* **ABOUT THIS EXERCISE**:
Every line in the records below with the string "self" needs to be copied out.

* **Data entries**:
>>>

// The kinds of steps.
ghost use Rattle.std.specs.Prelude.{◌≡◌};
ghost use Rattle.definitions.specs.Charts.{step_length};
ghost use Rattle.chart_fields.specs.Kinds.{kind_tag};

#[derive(Clone, Copy, PartialEq, Eq)]
pub enum StepKind {
    // A group alone, that of the step's own number.
    Plain,
    // A step that names its group.
    Grouped,
}

impl StepKind {
    // The tag of its fields.
    pub fn tag(self) -> u8
        ensures { result ≡ kind_tag self }
    {
        match self {
            StepKind::Plain => 2,
            StepKind::Grouped => 3,
        }
    }

    // How long their bodies are.
    pub fn length(self) -> u16
        ensures { result ≡ step_length (kind_tag self) }
    {
        step_length(self.tag())
    }
}

// How long the body of a step with this tag is.
pub fn step_length(tag: u8) -> u16
    ensures { result ≡ step_length tag }
{
    if tag == StepKind::Grouped.tag() {
        return 10;
    }
    8
}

<<<

* **SOLUTION FOR THIS PROBLEM**:
    pub fn tag(self) -> u8
        ensures { result ≡ kind_tag self }
        match self {
    pub fn length(self) -> u16
        ensures { result ≡ step_length (kind_tag self) }
        step_length(self.tag())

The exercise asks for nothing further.